▸ Task statement
Counting only the lines below that contain the word "marks", what is the total? Give it with no other words.

▸ Task inputs
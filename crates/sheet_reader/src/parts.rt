//! The declarations, templates and marks of a sheet, out of its outline.
ghost use Rattle.std.specs.Prelude.{◌≡◌, ◌≤◌, ◌++◌, [], ◌∷◌, length, map, All, IfOk, OnOk};
ghost use Rattle.std.specs.List.{range_with_len, flat_map};
ghost use Rattle.std.specs.Option.{option_map};
ghost use Rattle.lr_base.specs.declared.limits.TheConstants.{SIDE_SYMBOLS};
ghost use Rattle.pattern_data.specs.Spellings.{IsSpelling};
ghost use Rattle.sheet_data.specs.declared.parts.Part.TheVariants.{Fold};
ghost use Rattle.outline_data.specs.GroupParts.{GroupParts};
ghost use Rattle.outline_theory.specs.Words.{places};
ghost use Rattle.outline_theory.specs.Numbering.{AreDecls, part_of, template_by, template_of, declares_of};
ghost use Rattle.sheet_reader.specs.RuleTexts.{IsKept, IsPatternText, HasPatternText, AreShort, templates_in, declares_in};

use crate::copies::copy_bytes;
use lr_base::NoMemory;
use outline_data::{Alternative, Declaration, PlaceUse, RuleGroup, TemplatePart, Word};
use pattern_data::{Pattern, PatternFault};
use sheet_data::{Decl, Part};
use std::alloc::Global;

/// The pattern that a text spells.
fn pattern_of(alloc: Global, text: &Word) -> Result<Pattern, NoMemory>
    requires { IsPatternText text.now.bytes }
    ensures { IfOk result (λ pattern. IsSpelling text.now.bytes pattern) }
{
    match Pattern::read(alloc, text.bytes.as_slice()) {
        Ok(pattern) => Ok(pattern),
        Err(PatternFault::NoMemory) => Err(NoMemory),
        Err(PatternFault::Syntax) => unreachable!(),
        Err(PatternFault::MatchesEmpty) => unreachable!(),
    }
}

/// What a sheet keeps of a declaration: nothing of one of the start.
fn decl_of(alloc: Global, declaration: &Declaration) -> Result<Option<Decl>, NoMemory>
    requires { HasPatternText declaration.now }
    ensures { IfOk result (IsKept declaration.now) }
{
    match declaration {
        Declaration::Literal { name, literal } => Ok(Some(Decl::Literal {
            name: copy_bytes(alloc, name)?,
            bytes: copy_bytes(alloc, literal)?,
        })),
        Declaration::Matched { name, pattern } => Ok(Some(Decl::Matched {
            name: copy_bytes(alloc, name)?,
            pattern: pattern_of(alloc, pattern)?,
        })),
        Declaration::Skip { pattern } => Ok(Some(Decl::Skip {
            pattern: pattern_of(alloc, pattern)?,
        })),
        Declaration::Start { .. } => Ok(None),
    }
}

/// The declarations that a sheet keeps.
pub fn decls_of(alloc: Global, declarations: &[Declaration]) -> Result<Vec<Decl>, NoMemory>
    requires { All HasPatternText declarations.now }
    ensures { IfOk result (λ decls. AreDecls declarations.now decls.items) }
{
    let mut decls = Vec::new(alloc);
    for declaration in declarations {
        if let Some(decl) = decl_of(alloc, declaration)? {
            decls.push(decl)?;
        }
    }
    Ok(decls)
}

fn part(written: TemplatePart) -> Part
    ensures { result ≡ part_of written }
{
    match written {
        TemplatePart::Text(bytes) => Part::Text(bytes),
        TemplatePart::Fold(place) => Part::Fold(place.place),
        TemplatePart::Number(place) => Part::Number(place.place),
    }
}

/// The parts of a template that is written.
fn written_parts(alloc: Global, written: Vec<TemplatePart>) -> Result<Vec<Part>, NoMemory>
    ensures { IfOk result (λ parts. parts.items ≡ map part_of written.items) }
{
    let mut parts = Vec::with_capacity(alloc, written.len())?;
    for one in written {
        parts.push(part(one))?;
    }
    Ok(parts)
}

/// The template that gives what each of so many parts gives, in turn.
fn fold_parts(alloc: Global, count: u32) -> Result<Vec<Part>, NoMemory>
    requires { count ≤ SIDE_SYMBOLS }
    ensures { IfOk result (λ parts. parts.items ≡ map Fold (range_with_len 1 count)) }
{
    let parts = (1..count + 1).map(Part::Fold).collect(alloc)?;
    Ok(parts)
}

/// The template of a right side of so many symbols.
fn template(
    alloc: Global,
    count: usize,
    written: Option<Vec<TemplatePart>>,
) -> Result<Vec<Part>, NoMemory>
    requires { count ≤ SIDE_SYMBOLS }
    ensures { IfOk result (λ parts. parts.items ≡ template_by (option_map (λ t. t.items) written) count) }
{
    match written {
        Some(parts) => written_parts(alloc, parts),
        None => fold_parts(alloc, count as u32),
    }
}

/// The places that marks declare.
fn marked_places(alloc: Global, marks: Vec<PlaceUse>) -> Result<Vec<u32>, NoMemory>
    ensures { IfOk result (λ numbers. numbers.items ≡ places marks.items) }
{
    let mut numbers = Vec::with_capacity(alloc, marks.len())?;
    for mark in marks {
        numbers.push(mark.place)?;
    }
    Ok(numbers)
}

/// The template of each rule, and the places that it declares, by the rules' numbers.
#[derive(Debug, Drop)]
pub struct RuleTexts {
    pub templates: Vec<Vec<Part>>,
    pub declares: Vec<Vec<u32>>,
}

impl RuleTexts {
    pub fn new(alloc: Global) -> RuleTexts
        ensures templates { templates_in result ≡ [] }
        ensures declares { declares_in result ≡ [] }
    {
        RuleTexts {
            templates: Vec::new(alloc),
            declares: Vec::new(alloc),
        }
    }

    /// Puts one rule's behind the others.
    fn push(&mut self, alloc: Global, alternative: Alternative) -> Result<(), NoMemory>
        requires { length alternative.right ≤ SIDE_SYMBOLS }
        ensures templates { OnOk result (templates_in self.new ≡ templates_in self.old ++ template_of alternative ∷ []) }
        ensures declares { OnOk result (declares_in self.new ≡ declares_in self.old ++ declares_of alternative ∷ []) }
    {
        let Alternative {
            right,
            template: written,
            marks,
        } = alternative;
        let parts = template(alloc, right.len(), written)?;
        self.templates.push(parts)?;
        self.declares.push(marked_places(alloc, marks)?)?;
        Ok(())
    }

    /// Puts those of one left side's rules behind the others.
    pub fn push_group(&mut self, alloc: Global, group: RuleGroup) -> Result<(), NoMemory>
        requires { AreShort group }
        ensures templates { OnOk result (templates_in self.new ≡ templates_in self.old ++ map template_of group.alternatives) }
        ensures declares { OnOk result (declares_in self.new ≡ declares_in self.old ++ map declares_of group.alternatives) }
    {
        for alternative in group.alternatives {
            self.push(alloc, alternative)?;
        }
        Ok(())
    }
}

/// The templates and marks of all rules.
pub fn rule_texts(alloc: Global, groups: Vec<RuleGroup>) -> Result<RuleTexts, NoMemory>
    requires { All AreShort groups.items }
    ensures templates { IfOk result (λ texts. templates_in texts ≡ map template_of (flat_map (λ (g : GroupParts). g.alternatives) groups.items)) }
    ensures declares { IfOk result (λ texts. declares_in texts ≡ map declares_of (flat_map (λ (g : GroupParts). g.alternatives) groups.items)) }
{
    let mut texts = RuleTexts::new(alloc);
    for group in groups {
        texts.push_group(alloc, group)?;
    }
    Ok(texts)
}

▸ Reply
9